Spiritual and relationship expert, teacher, counselor, advisor, speaker, and writer James Gray Robinson

THE PURPOSE OF LIFE

I used to donate a lot of time giving advice to people on “ask the experts” sort of websites. There are two questions that always seem to be repeated. The first is “what is my purpose in life” and the other is “how do I increase my self esteem?” The ironic twist to these questions is that they both have the same answer, regardless of age or circumstance of the person asking. The amazing thing is that after giving the same answer hundreds of times, I have never had anyone write me back and say “you were wrong!”

The reason that we are here, primarily and fundamentally, is to help each other. We are hardwired to help each other and to cooperate. We are all connected by some great creational energy, whether you call it the “big bang” or “God” or “universal consciousness.” We all come from the same vast pool of energy and are made manifest by actions others. We all have to admit that it took the actions of two or more people to conceive and birth each of us, so we can’t ignore the fact that we are not isolated beings. Our perception of our world and ourselves is largely dependant on the training and programming we have received from others. I am not aware of anyone who was conceived and grew up in a vacuum, deserted island or isolation. If there is one, I would definitely like to meet that person, to talk to someone with a “clean slate.”

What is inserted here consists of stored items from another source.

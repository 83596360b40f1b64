// What both clusterings do, row by row from the south-west.
ghost use Rattle.std.specs.Prelude.{◌≡◌, ℕ, ◌+◌, ◌^◌, ◌<◌, ◌≤◌, List, length, not, ◌==◌, slice_index};
ghost use Rattle.grid.specs.declared.patch.Patch.{Patch};
ghost use Rattle.model.specs.Clusterings.{stretch as columns_of, by_rows};
ghost use Rattle.interfaces.specs.declared.cells.CellMaps.{CellMaps};
ghost use Rattle.interfaces.specs.Answers.{Clustered};
ghost use Rattle.clustering.specs.Rows.{wanted_in, Wrote};

use crate::boxes::Boxes;
use grid::Patch;
use interfaces::{CellMaps, TooMany};

// A clustering that makes boxes of each row by itself. That the row is there is asked in two functions, that y + 1 is a number in two:
// a row as a type would be no plainer.
pub(crate) trait RowBoxes {
    ghost boxes_in: { CellMaps → ℕ → List Patch };

    // Writes the boxes of a row after the others.
    fn push_row(&self, cells: &CellMaps<'_>, y: usize, boxes: &mut Boxes<'_>) -> Result<(), TooMany>
        requires { (y < cells.now.height) × (boxes.old.count ≤ length boxes.old.patches.now) }
        ensures { Wrote result boxes.old boxes.new (boxes_in cells.now y) };
}

// Writes the boxes of all rows into the first of the patches, and answers how many there are.
pub(crate) fn cluster_rows<R: RowBoxes>(
    rows: &R,
    cells: &CellMaps<'_>,
    patches: &mut [Patch],
) -> Result<usize, TooMany>
    ensures { Clustered result patches.old patches.new (by_rows (R.boxes_in cells.now) cells.now.height 0) }
{
    let mut boxes = Boxes { patches, count: 0 };
    // by rows: there is no list of them, so the range is no index
    for y in 0..cells.height {
        rows.push_row(cells, y, &mut boxes)?;
    }
    Ok(boxes.count)
}

// The bytes of a row: the cells whose byte is not 0 are wanted.
pub(crate) fn wanted_row<'a>(cells: &CellMaps<'a>, y: usize) -> &'a [u8]
    requires { y < cells.now.height }
    ensures long { length result.now ≡ cells.now.width }
    ensures wanted { (x : ℕ) → x < cells.now.width → not (slice_index result.now x == 0) ≡ wanted_in cells.now y x }
{
    let from = y * cells.width;
    &cells.wanted[from..from + cells.width]
}

// The columns x0 up to x1 of a row as a patch.
pub(crate) fn stretch(x0: usize, x1: usize, y: usize) -> Patch
    requires { y + 1 < 2 ^ 64 }
    ensures { result ≡ columns_of x0 x1 y }
{
    Patch {
        x0,
        y0: y,
        x1,
        y1: y + 1,
    }
}
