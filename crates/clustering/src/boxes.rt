// Where a clustering writes its boxes.
ghost use Rattle.std.specs.Prelude.{◌≡◌, [], ◌∷◌, OnErr};
ghost use Rattle.clustering.specs.Rows.{Wrote};

use grid::Patch;
use interfaces::TooMany;

// The patches that are lent for the boxes, by a rule of the project. The first of them, so many as the count says, are written. That
// there are so many is asked where it is needed: as a ghost field it loses what the caller's patches end as.
#[derive(Drop)]
pub(crate) struct Boxes<'a> {
    pub(crate) patches: &'a mut [Patch],
    pub(crate) count: usize,
}

impl Boxes<'_> {
    // Writes a box after the others; refused, it changes nothing. By `get_mut` it is not proved that the other patches stay as they are.
    pub(crate) fn push(&mut self, patch: Patch) -> Result<(), TooMany>
        ensures written { Wrote result self.old self.new (patch ∷ []) }
        ensures refused { OnErr result (self.new ≡ self.old) }
    {
        if self.count >= self.patches.len() {
            return Err(TooMany);
        }
        self.patches[self.count] = patch;
        self.count += 1;
        Ok(())
    }
}
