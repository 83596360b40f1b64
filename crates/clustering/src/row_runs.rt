// Each whole run of wanted cells as a patch.
ghost use Rattle.std.specs.Prelude.{◌≡◌, ◌+◌, ◌^◌, ◌<◌, ◌≤◌, length};
ghost use Rattle.model.specs.Clusterings.{runs as whole_runs};
ghost use Rattle.clustering.specs.Rows.{runs_in, run_before, Wrote};
ghost use Rattle.model.proofs.Clusterings.{clusterings_lawful};

use crate::boxes::Boxes;
use crate::rows::{RowBoxes, cluster_rows, stretch, wanted_row};
use grid::Patch;
use interfaces::{CellMaps, Clustering, TooMany};

// The clustering that gives each whole west-east run of wanted cells a patch, row by row from the south-west.
#[derive(Clone, Copy, PartialEq, Eq, Debug)]
pub struct RowRuns;

// Writes the run that ends before column x, if there is one, after the other boxes. The run is given by its first column.
fn push_run(boxes: &mut Boxes<'_>, first: Option<usize>, x: usize, y: usize) -> Result<(), TooMany>
    requires { (boxes.old.count ≤ length boxes.old.patches.now) × (y + 1 < 2 ^ 64) }
    ensures { Wrote result boxes.old boxes.new (run_before x y first) }
{
    match first {
        Some(x0) => boxes.push(stretch(x0, x, y)),
        None => Ok(()),
    }
}

impl RowBoxes for RowRuns {
    ghost boxes_in = { runs_in };

    fn push_row(
        &self,
        cells: &CellMaps<'_>,
        y: usize,
        boxes: &mut Boxes<'_>,
    ) -> Result<(), TooMany> {
        // the first column of the run under way
        let mut first = None;
        for (x, &wanted) in wanted_row(cells, y).iter().enumerate() {
            if wanted != 0 {
                first = first.or(Some(x));
            } else {
                push_run(boxes, first, x, y)?;
                first = None;
            }
        }
        push_run(boxes, first, cells.width, y)
    }
}

// One line for each, and no plainer otherwise: an impl of another crate's trait for every `RowBoxes` is not allowed.
impl Clustering for RowRuns {
    ghost boxes = { λ _. whole_runs };

    ghost lawful = { λ s. clusterings_lawful.1 };

    fn cluster(&self, cells: &CellMaps<'_>, patches: &mut [Patch]) -> Result<usize, TooMany> {
        cluster_rows(self, cells, patches)
    }
}
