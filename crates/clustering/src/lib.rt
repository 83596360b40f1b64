// Clusterings: patches that cover the wanted cells of a level.
#![tactic(auto)]

mod boxes;
mod row_runs;
mod rows;
mod single_cells;

pub use row_runs::RowRuns;
pub use single_cells::SingleCells;
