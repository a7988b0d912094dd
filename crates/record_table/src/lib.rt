// The table of records: reading and writing a slot, searching it, and entering its records one after another, for a check
// that it holds a valid ledger.
#![tactic(auto)]

ghost use Rattle.std.specs.Prelude.{◌≡◌, ◌≢◌, ℕ, true, false, ◌+◌, ◌/◌, ◌-◌, ◌%◌, ◌≤◌, ◌<◌, length, set, IfSome, IsSome};
ghost use Rattle.words.specs.Lists.{is_zero};
ghost use Rattle.words.specs.Counted.{every};
ghost use Rattle.ledger.specs.Records.{record_words, record_at, slots, records_of, table_of, is_party, is_empty, is_live};
ghost use Rattle.ledger.specs.Records.{has_ticket};
ghost use Rattle.ledger.specs.Units.{span, first, past, fits};
ghost use Rattle.record_table.specs.Slots.{ticket_slot, empty_slot, Without, Reached};
ghost use Rattle.record_table.specs.Checks.{row_ok, residue_of};
ghost use Rattle.record_table.specs.Partition.{new_at, other_than, mark_of, Noted, Joins};

use ledger::{Row, Rule};

// An empty slot of the table.
pub const EMPTY_ROW: Row = Row {
    ticket: 0,
    address: 0,
    words: 0,
    party: 0,
};

// The slots of a table, four words to each.
pub fn slot_count(table: &[u32]) -> usize
    ensures { result ≡ slots table.now }
{
    table.len() / 4
}

// The ticket in slot i.
fn ticket_at(table: &[u32], i: usize) -> u32
    requires { i < slots table.now }
    ensures { result ≡ (record_at table.now i).ticket }
{
    table[4 * i]
}

// The record in slot i.
pub fn read_row(table: &[u32], i: usize) -> Row
    requires { i < slots table.now }
    ensures { result ≡ record_at table.now i }
{
    Row {
        ticket: table[4 * i],
        address: table[4 * i + 1],
        words: table[4 * i + 2],
        party: table[4 * i + 3],
    }
}

// A record into slot i.
pub fn write_row(table: &mut [u32], i: usize, r: Row)
    requires i_bound { i < slots table.old }
    requires record_words_len { length table.old % record_words ≡ 0 }
    ensures { table.new ≡ table_of (set (records_of table.old) i r) }
{
    table[4 * i] = r.ticket;
    table[4 * i + 1] = r.address;
    table[4 * i + 2] = r.words;
    table[4 * i + 3] = r.party;
}

// ---- the searches, four slots at a time

// Whether one of the tickets from slot i up to slot i + 4 is x.
fn is_met(table: &[u32], x: u32, i: usize) -> bool
    requires { i + 4 ≤ slots table.now }
    ensures { result ≡ false → Without table.now x i (i + 4) }
{
    (ticket_at(table, i) == x)
        | (ticket_at(table, i + 1) == x)
        | (ticket_at(table, i + 2) == x)
        | (ticket_at(table, i + 3) == x)
}

// So many slots, from the first on, have another ticket: all of them, or all but the last few, or up to the four
// among which one has ticket x.
fn passed(table: &[u32], x: u32) -> usize
    ensures { (result ≤ slots table.now) × Without table.now x 0 result }
{
    let fours = slot_count(table) / 4;
    for k in 0..fours {
        if is_met(table, x, 4 * k) {
            return 4 * k;
        }
    }
    4 * fours
}

// The lowest slot with this ticket. Ticket 0 is no record's, though it stands in every empty slot.
pub fn find_slot(table: &[u32], ticket: u32) -> Option<usize>
    ensures { result ≡ ticket_slot ticket (records_of table.now) }
{
    if ticket == 0 {
        return None;
    }
    let i = passed(table, ticket);
    (i..slot_count(table)).find(|k| ticket_at(table, *k) == ticket)
}

// Each word is looked at, and not as far as the first that differs as `==` would: so the four are tested at once.
pub fn is_empty(r: Row) -> bool
    ensures { result ≡ is_empty r }
{
    (r.ticket == 0) & (r.address == 0) & (r.words == 0) & (r.party == 0)
}

// The lowest empty slot.
pub fn empty_slot(table: &[u32]) -> Option<usize>
    ensures { result ≡ empty_slot (records_of table.now) }
{
    let i = passed(table, 0);
    (i..slot_count(table)).find(|k| is_empty(read_row(table, *k)))
}

// The lowest live slot, or the number of slots. Slot 0 is looked at apart: in a pool that is used it is most often live.
pub fn first_live(table: &[u32]) -> usize
    ensures { Reached is_live table.now 0 result }
{
    let n = slot_count(table);
    if n == 0 {
        return 0;
    }
    if !is_empty(read_row(table, 0)) {
        return 0;
    }
    (1..n).find(|k| !is_empty(read_row(table, *k))).unwrap_or(n)
}

// ---- the unit rule

// What f makes of the words of a unit. The units in use, 1, 2, 4 and 8, are spared a division by a variable.
fn by_unit<F: Fn(usize) -> usize>(unit: usize, f: F) -> usize
    requires callable { (k : ℕ) → 0 < k → F.pre f k }
    requires unit_nonzero { 0 < unit }
    ensures { F.post f unit result }
{
    match unit {
        1 => f(1),
        2 => f(2),
        4 => f(4),
        8 => f(8),
        _ => f(unit),
    }
}

// How often so many words go into w.
fn whole_units(w: usize, unit: usize) -> usize
    requires { 0 < unit }
    ensures { result ≡ w / unit }
{
    by_unit(unit, |k| w / k)
}

// What is left over then.
fn rest(w: u32, unit: u32) -> usize
    requires { 0 < unit }
    ensures { result ≡ w % unit }
{
    by_unit(unit as usize, |k| w as usize % k)
}

// The units that a request for n words takes.
pub fn span_of(rule: Rule, n: u32) -> usize
    requires { 0 < rule.unit }
    ensures { result ≡ span rule n }
{
    whole_units(
        n as usize + rule.lead as usize + (rule.unit as usize - 1),
        rule.unit as usize,
    )
}

// Where a record's block begins, in words: its address less the words before it, and 0 for an address too low for them.
fn begin_of(rule: Rule, r: Row) -> u32
    ensures { result ≡ r.address - rule.lead }
{
    r.address.saturating_sub(rule.lead)
}

// A record's first unit.
pub fn first_unit(rule: Rule, r: Row) -> usize
    requires { 0 < rule.unit }
    ensures { result ≡ first rule r }
{
    whole_units(begin_of(rule, r) as usize, rule.unit as usize)
}

// ---- the check

// Whether a number is a party's.
pub fn is_party(party: u32) -> bool
    ensures { result ≡ is_party party }
{
    (1 <= party) & (party <= 255)
}

// A record by itself, in an arena of so many words, which are whole units. Any numbers may stand in it: nothing wraps. An
// address too low for the words before it goes first, which spares the others a test for that. The units end in the arena
// where the words do, so that nothing is rounded.
fn live_fits(rule: Rule, words: usize, next: u32, r: Row) -> bool
    requires { (0 < rule.unit) × (words % rule.unit ≡ 0) }
    ensures { result ≡ fits rule words next r }
{
    if r.address < rule.lead {
        return false;
    }
    let begin = begin_of(rule, r);
    let end = r.address as usize + r.words as usize;
    (r.ticket != 0)
        & ((next == 0) | (r.ticket < next))
        & (1 <= r.words)
        & is_party(r.party)
        & (rule.lead <= r.address)
        & (rest(begin, rule.unit) == 0)
        & (end <= words)
}

// A ticket's place among m residues. Tickets follow one another, so those alive together rarely share one. Without a
// division, for this is asked of every record; any m is safe, and a power of two spreads them.
fn residue(ticket: u32, m: usize) -> usize
    requires { 0 < m }
    ensures { (result ≡ residue_of m ticket) × (result < m) }
{
    ticket as usize & (m - 1)
}

// ---- records entered slot after slot

// None of the first i tickets is this one. The loop has no way out before its end, so that several are compared at a
// time.
fn unlike_earlier(table: &[u32], i: usize, ticket: u32) -> bool
    requires { i ≤ slots table.now }
    ensures { result ≡ every (other_than table.now ticket) 0 i }
{
    let mut ok = true;
    for j in 0..i {
        ok = ok & (ticket_at(table, j) != ticket);
    }
    ok
}

// What is kept of a ticket at its residue.
fn mark_of(ticket: u32) -> u8
    ensures { result ≡ mark_of ticket }
{
    (ticket / 2048 % 128) as u8 + 1
}

// Whether the ticket of slot i is none of the earlier ones, which are noted; it is noted as well. Only where an earlier
// one has its residue and may have its mark are tickets compared.
fn is_new(seen: &mut [u8], table: &[u32], i: usize, ticket: u32) -> bool
    requires i_bound { (i < slots table.now) × (ticket ≡ (record_at table.now i).ticket) × (is_zero ticket ≡ false) }
    requires seen_nonempty { (0 < length seen.old) × Noted (length seen.old) seen.old table.now i }
    ensures value { result ≡ new_at table.now i }
    ensures noted { Noted (length seen.old) seen.new table.now (i + 1) }
{
    let at = residue(ticket, seen.len());
    let mark = mark_of(ticket);
    let kept = seen[at];
    if kept == 0 {
        seen[at] = mark;
        return true;
    }
    if (kept != mark) & (kept != 255) {
        seen[at] = 255;
        return true;
    }
    unlike_earlier(table, i, ticket)
}

// Whether the record r of slot i, which is not empty, may follow those before it in an arena of whole units: it fits by
// itself, and its ticket is none of theirs. The caller reads the record, for it has more to do with it.
pub fn may_enter(
    rule: Rule,
    words: usize,
    next: u32,
    table: &[u32],
    i: usize,
    r: Row,
    seen: &mut [u8],
) -> bool
    requires unit_nonzero { (0 < rule.unit) × (words % rule.unit ≡ 0) × (i < slots table.now) × (r ≡ record_at table.now i) }
    requires r_value { is_empty r ≡ false }
    requires seen_nonempty { (0 < length seen.old) × Noted (length seen.old) seen.old table.now i }
    ensures joins { result ≡ true → Joins rule words next table.now i (span rule r.words)
        × Noted (length seen.old) seen.new table.now (i + 1) }
    ensures value { row_ok rule words next (record_at table.now i) ≡ true
        → new_at table.now i ≡ true → result ≡ true }
{
    if !live_fits(rule, words, next, r) {
        return false;
    }
    is_new(seen, table, i, r.ticket)
}

// The units of the record r of slot i where it may follow those before it, 0 for an empty one. The arena is taken as
// whole units: no record has any of the words behind them.
pub fn enter_row(
    rule: Rule,
    words: usize,
    next: u32,
    table: &[u32],
    i: usize,
    r: Row,
    seen: &mut [u8],
) -> Option<usize>
    requires unit_nonzero { (0 < rule.unit) × (words < 4294967296) × (i < slots table.now) × (r ≡ record_at table.now i) }
    requires seen_nonempty { (0 < length seen.old) × Noted (length seen.old) seen.old table.now i }
    ensures joins { IfSome result (λ u. (u ≤ words) × Joins rule words next table.now i u
        × Noted (length seen.old) seen.new table.now (i + 1)) }
    ensures accepts { row_ok rule words next (record_at table.now i) ≡ true
        → new_at table.now i ≡ true → IsSome result }
{
    if is_empty(r) {
        return Some(0);
    }
    let unit = rule.unit as usize;
    let room = unit * whole_units(words, unit);
    if may_enter(rule, room, next, table, i, r, seen) {
        Some(span_of(rule, r.words))
    } else {
        None
    }
}
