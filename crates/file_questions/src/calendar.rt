//! The calendar of the docket of a database. Nothing is changed.

use crate::inquiry::Inquiry;
use court_days::Day;
use docket_store::{CalendarEnd, Docket, Holdings};
use sqlite::Alter;
use std::alloc::Global;
use std::io::Write;

/// The calendar of the days from one to another, both included. Each line is written as it is read.
#[derive(Clone, Copy)]
pub struct CalendarLines {
    pub from: Day,
    pub to: Day,
}

impl<W: Write> Inquiry<W> for CalendarLines {
    ghost use Rattle.file_questions.specs.Tells.{ListsTo};

    type Answer = Result<u32, CalendarEnd>;

    ghost Tells = { λ asked court h before after. ListsTo court h asked.from asked.to (W.contents before) (W.contents after) };

    fn ask<S: Alter>(
        &self,
        _alloc: Global,
        docket: &mut Docket<S>,
        _held: Holdings,
        out: &mut W,
    ) -> Result<u32, CalendarEnd> {
        docket.calendar(self.from, self.to, out)
    }
}
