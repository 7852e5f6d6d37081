//! Judging the docket of a database, and returning what it holds.
ghost use Rattle.file_questions.specs.Checks.{IsSoundDocket};

use crate::inquiry::Inquiry;
use court_days::Court;
use docket_command::TimeOfDay;
use docket_store::{Docket, Holdings};
use sqlite::Alter;
use std::alloc::{AllocError, Global};

/// A sound docket: the text of its court's zone, when the clerk's office closes, and what its tables hold.
#[derive(Drop)]
pub struct Sound {
    pub zone: String,
    pub close: TimeOfDay,
    pub held: Holdings,
}

fn sound_docket(alloc: Global, court: &Court, held: Holdings) -> Result<Sound, AllocError>
    ensures { IsSoundDocket court.now held result }
{
    Ok(Sound {
        zone: String::from_str(alloc, court.zone_text())?,
        close: TimeOfDay::new(court.close_minute()).unwrap(),
        held,
    })
}

/// Whether the tables are sound, and what they hold. Adopting the docket has judged them.
#[derive(Clone, Copy)]
pub struct Judgment;

impl Inquiry<()> for Judgment {
    ghost use Rattle.docket_scan.specs.Dockets.{holdings_in};
    ghost use Rattle.file_questions.specs.Checks.{IsSoundDocket};

    type Answer = Result<Sound, AllocError>;

    ghost Tells = { λ _ court h _ _. IsSoundDocket court (holdings_in court h) };

    fn ask<S: Alter>(
        &self,
        alloc: Global,
        docket: &mut Docket<S>,
        held: Holdings,
        _out: &mut (),
    ) -> Result<Sound, AllocError> {
        sound_docket(alloc, docket.court(), held)
    }
}
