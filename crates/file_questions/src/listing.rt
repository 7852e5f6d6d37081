//! The cases of the docket of a database, a line for each. Nothing is changed.
ghost use Rattle.std.specs.Prelude.{◌≡◌, ◌↔◌, ◌≤◌, [], ◌∷◌, None, Some, IfErr, IfOk, IsTrue, filter, option_copied};
ghost use Rattle.std.specs.List.{list_any};
ghost use Rattle.std.specs.Str.Iter.{HasSubslice};
ghost use Rattle.sqlite.specs.Held.{state};
ghost use Rattle.sqlite.specs.View.{doubt};
ghost use Rattle.docket_history.specs.Histories.{History};
ghost use Rattle.docket_tables.specs.Layouts.{Rows};
ghost use Rattle.docket_tables.specs.Stands.{HoldsRows};
ghost use Rattle.docket_applying.specs.AnyRows.{Preserves, PreservesCalendar};
ghost use Rattle.docket_applying.specs.Applying.{Asks, Stands};
ghost use Rattle.docket_questions.specs.Searches.{holds};
ghost use Rattle.file_questions.specs.CaseLists.{GoesOut, IsEarlyWrite, Lists, cases_told, cases_wanted, has_party};

use crate::inquiry::Inquiry;
use docket_history::{CaseRow, PartyRow};
use docket_store::{CalendarEnd, Docket, Fault, Holdings};
use docket_text::case_list_line;
use line_io::write_bytes;
use sqlite::Alter;
use std::alloc::Global;
use std::io::Write;

/// How many cases a docket may have.
const MAX_CASES: u32 = 100_000;

/// Which cases are listed.
#[derive(Clone, Copy)]
pub struct Wanted<'a> {
    /// The label that a case has; any where none is given.
    pub label: Option<&'a str>,
    /// A part of the name of one of its parties; any where none is given.
    pub party: Option<&'a str>,
}

/// Whether the text contains the part.
fn holds(text: &str, part: &str) -> bool
    ensures value { result ≡ holds part.now text.now }
    ensures means { IsTrue result ↔ HasSubslice text.now part.now }
{
    text.contains(part)
}

/// Whether the name of one of the parties holds the part.
fn is_among(parties: &[PartyRow], part: &str) -> bool
    ensures { result ≡ list_any (λ party. holds part.now party.name) parties.now }
{
    parties.iter().any(|party| holds(party.name.as_str(), part))
}

/// Whether the case of a number has a party whose name holds the part, if one is given.
fn has_party<S: Alter>(
    docket: &mut Docket<S>,
    part: Option<&str>,
    number: u32,
) -> Result<bool, Fault>
    ensures answer { (h : History) → Stands S.Store docket.old h
        → Asks S.Store docket.new h (λ has. has ≡ has_party h (option_copied part.entry) number) result }
    ensures stays { (rows : Rows) → HoldsRows S.Store docket.old.conn rows → Preserves S.Store docket.new.conn rows result }
    ensures clean { doubt (state S.Store docket.old.conn).is_clean ≤ doubt (state S.Store docket.new.conn).is_clean }
{
    let Some(part) = part else {
        return Ok(true);
    };
    let parties = docket.parties(number)?;
    Ok(is_among(parties.as_slice(), part))
}

/// Writes the line of a case. Counts it.
fn write_line<W: Write>(alloc: Global, row: &CaseRow, writer: &mut W) -> Result<u32, CalendarEnd>
    ensures out { GoesOut (row.now ∷ []) (W.contents writer.old) (W.contents writer.new) result }
    ensures end { IfErr result IsEarlyWrite }
{
    let Ok(line) = case_list_line(alloc, row) else {
        return Err(CalendarEnd::Store(Fault::NoMemory));
    };
    match write_bytes(writer, line.as_bytes()) {
        Ok(()) => Ok(1),
        Err(_) => Err(CalendarEnd::WriteFailed),
    }
}

/// Writes the line of a case, if it has such a party. Counts it.
fn list_one<S: Alter, W: Write>(
    alloc: Global,
    docket: &mut Docket<S>,
    part: Option<&str>,
    row: &CaseRow,
    writer: &mut W,
) -> Result<u32, CalendarEnd>
    ensures lists { (h : History) → Stands S.Store docket.old h
        → Lists S.Store docket.new h (filter (λ case. has_party h (option_copied part.entry) case.number) (row.now ∷ []))
        (W.contents writer.old) (W.contents writer.new) result }
    ensures stays { (rows : Rows) → HoldsRows S.Store docket.old.conn rows → PreservesCalendar S.Store docket.new.conn rows result }
    ensures clean { doubt (state S.Store docket.old.conn).is_clean ≤ doubt (state S.Store docket.new.conn).is_clean }
    ensures few { IfOk result (λ lines. lines ≤ 1) }
{
    match has_party(docket, part, row.number) {
        Ok(true) => write_line(alloc, row, writer),
        Ok(false) => Ok(0),
        Err(fault) => Err(CalendarEnd::Store(fault)),
    }
}

/// Writes the line of the case of a label, if there is one and it has such a party. Counts it.
fn list_labelled<S: Alter, W: Write>(
    alloc: Global,
    docket: &mut Docket<S>,
    label: &str,
    part: Option<&str>,
    writer: &mut W,
) -> Result<u32, CalendarEnd>
    ensures lists { (h : History) → Stands S.Store docket.old h
        → Lists S.Store docket.new h (cases_told h (Some label.now) (option_copied part.entry))
        (W.contents writer.old) (W.contents writer.new) result }
    ensures stays { (rows : Rows) → HoldsRows S.Store docket.old.conn rows → PreservesCalendar S.Store docket.new.conn rows result }
    ensures clean { doubt (state S.Store docket.old.conn).is_clean ≤ doubt (state S.Store docket.new.conn).is_clean }
{
    match docket.case_labelled(label) {
        Ok(Some(row)) => list_one(alloc, docket, part, &row, writer),
        Ok(None) => Ok(0),
        Err(fault) => Err(CalendarEnd::Store(fault)),
    }
}

/// Writes the line of each case that has such a party, and counts them. Each is written before the next
/// case is read.
fn list_all<S: Alter, W: Write>(
    alloc: Global,
    docket: &mut Docket<S>,
    part: Option<&str>,
    writer: &mut W,
) -> Result<u32, CalendarEnd>
    ensures lists { (h : History) → Stands S.Store docket.old h
        → Lists S.Store docket.new h (cases_told h None (option_copied part.entry))
        (W.contents writer.old) (W.contents writer.new) result }
    ensures stays { (rows : Rows) → HoldsRows S.Store docket.old.conn rows → PreservesCalendar S.Store docket.new.conn rows result }
    ensures clean { doubt (state S.Store docket.old.conn).is_clean ≤ doubt (state S.Store docket.new.conn).is_clean }
{
    let mut lines = 0;
    'cases: for before in 0..MAX_CASES {
        let row = match docket.case_row(before + 1) {
            Ok(Some(row)) => row,
            Ok(None) => return Ok(lines),
            Err(fault) => return Err(CalendarEnd::Store(fault)),
        };
        match list_one(alloc, docket, part, &row, writer) {
            Ok(more) => lines += more,
            Err(end) => return Err(end),
        }
    }
    Ok(lines)
}

/// Writes the line of each case that is wanted, and counts them.
fn list_cases<S: Alter, W: Write>(
    alloc: Global,
    docket: &mut Docket<S>,
    wanted: &Wanted<'_>,
    writer: &mut W,
) -> Result<u32, CalendarEnd>
    ensures lists { (h : History) → Stands S.Store docket.old h
        → Lists S.Store docket.new h (cases_wanted wanted.now h) (W.contents writer.old) (W.contents writer.new) result }
    ensures stays { (rows : Rows) → HoldsRows S.Store docket.old.conn rows → PreservesCalendar S.Store docket.new.conn rows result }
    ensures clean { doubt (state S.Store docket.old.conn).is_clean ≤ doubt (state S.Store docket.new.conn).is_clean }
{
    match wanted.label {
        Some(label) => list_labelled(alloc, docket, label, wanted.party, writer),
        None => list_all(alloc, docket, wanted.party, writer),
    }
}

impl<W: Write> Inquiry<W> for Wanted<'_> {
    ghost use Rattle.file_questions.specs.CaseLists.{ListsCases, cases_wanted};

    type Answer = Result<u32, CalendarEnd>;

    ghost Tells = { λ wanted _ h before after. ListsCases (cases_wanted wanted h) (W.contents before) (W.contents after) };

    fn ask<S: Alter>(
        &self,
        alloc: Global,
        docket: &mut Docket<S>,
        _held: Holdings,
        out: &mut W,
    ) -> Result<u32, CalendarEnd> {
        list_cases(alloc, docket, self, out)
    }
}
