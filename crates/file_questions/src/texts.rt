//! Texts by which the docket of a database answers. Nothing is written.

use crate::inquiry::Inquiry;
use docket_questions::Question;
use docket_store::{Docket, Fault, Holdings};
use sqlite::Alter;
use std::alloc::Global;

/// The text that answers a question, if there is what it asks for.
#[derive(Clone, Copy)]
pub struct TextOf<Q> {
    pub question: Q,
}

impl<Q: Question> Inquiry<()> for TextOf<Q> {
    ghost use Rattle.std.specs.Prelude.{◌≡◌, string_bytes};
    ghost use Rattle.std.specs.Option.{option_map};
    ghost use Rattle.file_questions.specs.Tells.{AnswersTo};

    type Answer = Result<Option<String>, Fault>;

    ghost Tells = { λ asked court h _ _. AnswersTo (λ text. option_map string_bytes text ≡ Q.Text asked.question court h) };

    fn ask<S: Alter>(
        &self,
        alloc: Global,
        docket: &mut Docket<S>,
        _held: Holdings,
        _out: &mut (),
    ) -> Result<Option<String>, Fault> {
        self.question.ask(alloc, docket)
    }
}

           Some of us have bought into the misconception that we are all in this for our own selfish interests and have no concern for the welfare of others. In other words, we are only concerned without our own problems. We jump into a deep pool of self-pity and fear and never seem to climb out. We believe that we are individuals, separate and alone, victims of circumstance or fate. We are losing the rat race because there are always bigger and faster rats no matter where we look. The key word here is misconception, for none of this is real, it is an illusion which modern society wants us to believe so we can be controlled. We need to accept the fact that is not the way life is planned or conceived.

            The only way to find happiness is to stop focusing on what we don’t have or don’t like. We have to focus on others, and stop focusing on ourselves. We can always find people who have more, as we can always find people who have less. When we pitch in, share ourselves with others, a miraculous thing happens, we start to operate as we are originally designed and we are happy. We are happy because we are living our purpose and our purpose gives us life. When we focus on serving others with our talents, without thought of reward, we return to our original blueprint and everything falls into place.

           Every time a teenager complains about their social status, or a young adult complains about their circumstances, or a confused soul complains about their confusion, I always have the same answer, “go help someone less fortunate than yourself.”  We can go sit with an elderly person warehoused in a retirement facility, volunteer at an orphanage or food kitchen, or help out at a homeless shelter. Alternatively we can teach the illiterate how to read, foreigners how to speak our language, or children how to be responsible.

         True happiness comes from self-love. True self-love comes from respecting yourself. Respecting yourself comes from helping and serving others without expectation of reward. The service is reward enough. If everyone with self-esteem problems, lack of self worth or victim issues would go out and do a service for someone less fortunate than himself or herself, the prophesized end of the world would happen in an instant, and this world would become a heaven. I think that it is safe to say that materialism has failed to make anyone happier or the world a safer place. If anything, the opposite is true. The chase for wealth is like eating air. We need substance to our lives, substance that service richly provides.

         If you are afraid, lonely, confused or victimized, exercise your compassion and help someone who has less than yourself. It is easy to find them. Do this for thirty days. If you are not feeling better about your life, nor feeling as your life has purpose, please let me know. I haven’t had anyone call me yet.